Robinson has also expressed her worries by writing letters to local newspapers in which she cited “poor management” by the Chatham-Kent Black Historical Society.”

She said dismal attendance at the annual John Brown festival has been particularly hurtful.

Robinson laments that the festival, honouring the abolitionist with strong ties to Chatham, only drew about 20 people this year.

She also noted that the annual Black History program at the historic Campbell A.M.E. Church no longer exists.

Robinson, who has spent most of her adult life researching and writing about local black history, said the issue is about preserving the original vision for the historical society: To continually seek the truth about Chatham-Kent’s black history and to propagate this knowledge to future generations so the legacy is never forgotten.

“This isn’t about me,” said Robinson. “This is about the rich history and that I don’t want it lost.”

Robinson hopes that she can spark some action and get more people involved in promoting the museum and the society throughout the community.

“It’s our history; the Canadian mosaic, and we’re part of it,” said Robinson.

The vice-president of the C-K Black Historical Society says Robinson’s concerns are understandable.

While Mark Vincent admitted interest is waning in some of the events, he said the society is not standing still.
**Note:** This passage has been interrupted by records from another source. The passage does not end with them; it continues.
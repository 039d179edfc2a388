//! Runs jobs.
ghost use Rattle.std.specs.Prelude.{◌≡◌, ℕ, ◌-◌, ◌^◌, ◌<◌, Bool, false, Option, List, Some, IfOk};
ghost use Rattle.instance.specs.Parts.{IsValid};
ghost use Rattle.osol_grammar.specs.Meaning.{IsOptionsText};
ghost use Rattle.osil_grammar.specs.Reading.{IsInstanceText};
ghost use Rattle.solve_run.specs.Judging.{AreFewRounds};
ghost use Rattle.instance.specs.Program.{problem};
ghost use Rattle.branch_bound.specs.Walks.{best as best_of};
ghost use Rattle.solve_run.specs.Firsts.{IsFirstOf, IsNoteFrom};
ghost use Rattle.solve_run.specs.Handing.{HandsInNone};
ghost use Rattle.solve_run.specs.JobAnswers.{Right};
ghost use Rattle.solve_run.specs.Runs.{Ran, RightBeside, AreDueNames, TellsDocument, TellsText, beside_text};

use crate::document::Document;
use crate::finding::{find_until, first_of};
use crate::handing::{Handing, judge_handed};
use crate::noting::whole_note;
use crate::telling::{fitted, found_document, memory_document, refusal};
use branch_bound::{Found, Searched};
use instance::{Instance, problems_have_numbers};
use instance_names::read_names;
use os_io::{Memory, Text, Watch};
use osil_grammar::OsilFault;
use osol_grammar::{Options, OsolFault, options_have_names, read_options_come_back};
use osrl_writing::NameLists;
use search_rules::asked_searches_are_shown;
use std::alloc::Global;
use std::time::Clock;

/// The names that a job's result is told with: those of its instance's document, where its options ask for them.
fn due_names(alloc: Global, osil: &[u8], options: &Options) -> Result<NameLists, Memory>
    ensures { IfOk result (AreDueNames osil.now options.now) }
{
    if options.names != 1 {
        return Ok(NameLists::none(alloc));
    }
    read_names(alloc, osil)
}

/// Runs a job whose options, instance and names are read, by a search from this point on, if from one, with this message, if any.
fn run_from<W: Watch, T: Clock>(
    alloc: Global,
    instance: &Instance,
    names: &NameLists,
    note: Option<Text>,
    first: Option<Found>,
    options: Options,
    clock: &T,
    watch: &mut W,
) -> Result<Document, Memory>
    requires valid { IsValid instance.now }
    requires rounds { AreFewRounds options.rounds }
    requires stops { W.stops watch.old < 2 ^ 64 - 1 }
    requires first { IsFirstOf (problem instance.now) options (best_of first) }
    ensures { (beside : Option (List ℕ)) (osil osol : List ℕ) → IsOptionsText osol options → IsInstanceText osil instance.now → AreDueNames osil options names.now → IsNoteFrom beside osol options instance.now (best_of first) note → Ran (W.came watch.old watch.new) osil osol (TellsDocument beside osil osol result) }
{
    let Searched { claim, turns } = find_until(alloc, instance, &options, first, clock, watch);
    options_have_names();
    problems_have_numbers();
    asked_searches_are_shown();
    let form = options.form;
    found_document(
        alloc,
        instance,
        names,
        note,
        options.job,
        form,
        claim,
        turns,
    )
}

/// Runs a job whose options, instance and names are read, and whose options hand in no result that is taken. This message is due about
/// what they hand in.
fn run_instance<W: Watch, T: Clock>(
    alloc: Global,
    instance: &Instance,
    names: &NameLists,
    handed: Option<Text>,
    options: Options,
    clock: &T,
    watch: &mut W,
) -> Result<Document, Memory>
    requires valid { IsValid instance.now }
    requires rounds { AreFewRounds options.rounds }
    requires stops { W.stops watch.old < 2 ^ 64 - 1 }
    ensures { (beside : Option (List ℕ)) (osil osol : List ℕ) → IsOptionsText osol options → IsInstanceText osil instance.now → AreDueNames osil options names.now → HandsInNone beside osol instance.now handed → Ran (W.came watch.old watch.new) osil osol (TellsDocument beside osil osol result) }
{
    let Ok(first) = first_of(alloc, instance, &options) else {
        return memory_document(alloc, options.job);
    };
    let Ok(note) = whole_note(alloc, handed, &options, &first) else {
        return memory_document(alloc, options.job);
    };
    run_from(alloc, instance, names, note, first, options, clock, watch)
}

/// Runs a job whose options, instance and names are read. A result that its options hand in is its answer where it is shown of
/// the instance; else there is a search.
fn run_named<W: Watch, T: Clock>(
    alloc: Global,
    osol: &[u8],
    beside: Option<&[u8]>,
    instance: &Instance,
    names: &NameLists,
    options: Options,
    clock: &T,
    watch: &mut W,
) -> Result<Document, Memory>
    requires valid { IsValid instance.now }
    requires rounds { AreFewRounds options.rounds }
    requires stops { W.stops watch.old < 2 ^ 64 - 1 }
    ensures { (osil : List ℕ) → IsOptionsText osol.now options → IsInstanceText osil instance.now → AreDueNames osil options names.now → Ran (W.came watch.old watch.new) osil osol.now (TellsDocument (beside_text beside.entry) osil osol.now result) }
{
    match judge_handed(alloc, instance, osol, beside) {
        Ok(Handing::Taken(claim)) => fitted(alloc, names, None, options.job, claim),
        Ok(Handing::Passed(note)) => run_instance(
            alloc, instance, names, note, options, clock, watch,
        ),
        Err(_) => memory_document(alloc, options.job),
    }
}

/// Runs a job whose options and instance are read.
fn run_read<W: Watch, T: Clock>(
    alloc: Global,
    osil: &[u8],
    osol: &[u8],
    beside: Option<&[u8]>,
    instance: &Instance,
    options: Options,
    clock: &T,
    watch: &mut W,
) -> Result<Document, Memory>
    requires valid { IsValid instance.now }
    requires rounds { AreFewRounds options.rounds }
    requires stops { W.stops watch.old < 2 ^ 64 - 1 }
    ensures { IsOptionsText osol.now options → IsInstanceText osil.now instance.now → Ran (W.came watch.old watch.new) osil.now osol.now (TellsDocument (beside_text beside.entry) osil.now osol.now result) }
{
    match due_names(alloc, osil, &options) {
        Ok(names) => run_named(alloc, osol, beside, instance, &names, options, clock, watch),
        Err(_) => memory_document(alloc, options.job),
    }
}

/// Runs a job whose options are read.
fn run_options<W: Watch, T: Clock>(
    alloc: Global,
    osil: &[u8],
    osol: &[u8],
    beside: Option<&[u8]>,
    options: Options,
    clock: &T,
    watch: &mut W,
) -> Result<Document, Memory>
    requires rounds { AreFewRounds options.rounds }
    requires stops { W.stops watch.old < 2 ^ 64 - 1 }
    ensures { IsOptionsText osol.now options → Ran (W.came watch.old watch.new) osil.now osol.now (TellsDocument (beside_text beside.entry) osil.now osol.now result) }
{
    match osil_grammar::decode(alloc, osil) {
        Ok(instance) => run_read(alloc, osil, osol, beside, &instance, options, clock, watch),
        Err(OsilFault::Memory) => memory_document(alloc, options.job),
        Err(fault) => {
            let message = osil_grammar::refusal_text(alloc, &fault);
            refusal(alloc, options.job, message)
        }
    }
}

/// Runs a job, whose options are read first.
fn run_texts<W: Watch, T: Clock>(
    alloc: Global,
    osil: &[u8],
    osol: &[u8],
    beside: Option<&[u8]>,
    clock: &T,
    watch: &mut W,
) -> Result<Document, Memory>
    requires { W.stops watch.old < 2 ^ 64 - 1 }
    ensures { Ran (W.came watch.old watch.new) osil.now osol.now (TellsDocument (beside_text beside.entry) osil.now osol.now result) }
{
    read_options_come_back();
    match osol_grammar::decode(alloc, osol) {
        Ok(options) => run_options(alloc, osil, osol, beside, options, clock, watch),
        Err(OsolFault::Memory) => memory_document(alloc, None),
        Err(fault) => {
            let message = osol_grammar::refusal_text(alloc, fault);
            refusal(alloc, None, message)
        }
    }
}

/// Runs a job: its result document, from the texts of its instance and of its options. The options are read before the
/// instance; a text of white space alone says none. The watch is asked by the looks of the search alone, and the clock too, where the
/// options say a time.
///
/// Where memory is wanting, the document says so, and may have the best point of some moment of the search; where there is
/// none for such a document either, there is no document. Where the options ask for names, the instance's document is read
/// for them before the search. Where they hand in a result whose claim the checker accepts of the instance, that claim is told, and
/// nothing is searched. A text beside them is handed in in place of what they hand in.
pub fn answer_job<W: Watch, T: Clock>(
    alloc: Global,
    osil: &[u8],
    osol: &[u8],
    beside: Option<&[u8]>,
    clock: &T,
    watch: &mut W,
) -> Result<Document, Memory>
    requires { W.stops watch.old < 2 ^ 64 - 1 }
    ensures ran { Ran (W.came watch.old watch.new) osil.now osol.now (TellsDocument (beside_text beside.entry) osil.now osol.now result) }
    ensures right { (asked : Bool) → (asked ≡ false → W.stops watch.new ≡ W.stops watch.old) → IfOk result (RightBeside (beside_text beside.entry) osil.now osol.now asked) }
{
    run_texts(alloc, osil, osol, beside, clock, watch)
}

/// Runs a job, as [`answer_job`] does: the text of its result document.
pub fn run_job<W: Watch, T: Clock>(
    alloc: Global,
    osil: &[u8],
    osol: &[u8],
    clock: &T,
    watch: &mut W,
) -> Result<Text, Memory>
    requires { W.stops watch.old < 2 ^ 64 - 1 }
    ensures ran { Ran (W.came watch.old watch.new) osil.now osol.now (λ n killed. IfOk result (TellsText osil.now osol.now n killed)) }
    ensures right { (asked : Bool) → (asked ≡ false → W.stops watch.new ≡ W.stops watch.old) → IfOk result (λ doc. Right osil.now osol.now asked (Some doc)) }
{
    match answer_job(alloc, osil, osol, None, clock, watch) {
        Ok(document) => Ok(document.text),
        Err(memory) => Err(memory),
    }
}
He noted that many accomplishments have been achieved since a five-year plan was set in motion in 2009.

These include the Black Mecca Museum achieving official designation as a museum, which allows the facility to access funding through the Community Museum Operating Grant.

Crediting the leadership of executive director Blair Newby and society president Brenda Travis, Vincent said new exhibits have been installed and work has begun to digitize the archival resources.

While Newby has recently returned to school, Vincent noted that she remains at the helm and continues to be passionate about the museum.

“Through Blair, we have accomplished many things,” said Vincent. “We have not lost our way but just taken a new direction.”

The direction includes working closer with the North Buxton Historical Site and Museum, and the Uncle Tom’s Cabin Historical Site.

Vincent said the society has also launched a project that aims to the have the museum’s archival database on its website – – by the end of this year.
In addition to safeguarding the museum’s collection for years to come, having the information available on the web will make it easier for more people to access it.

“We believe we have kept the same vision, which is to educate and inform, not only in the Municipality of Chatham-Kent but the surrounding areas, of the rich black heritage that we have,” said Vincent.

While admitting there is a long way to go, he hopes the change in direction will help rebuild interest in the museum and the society’s activities.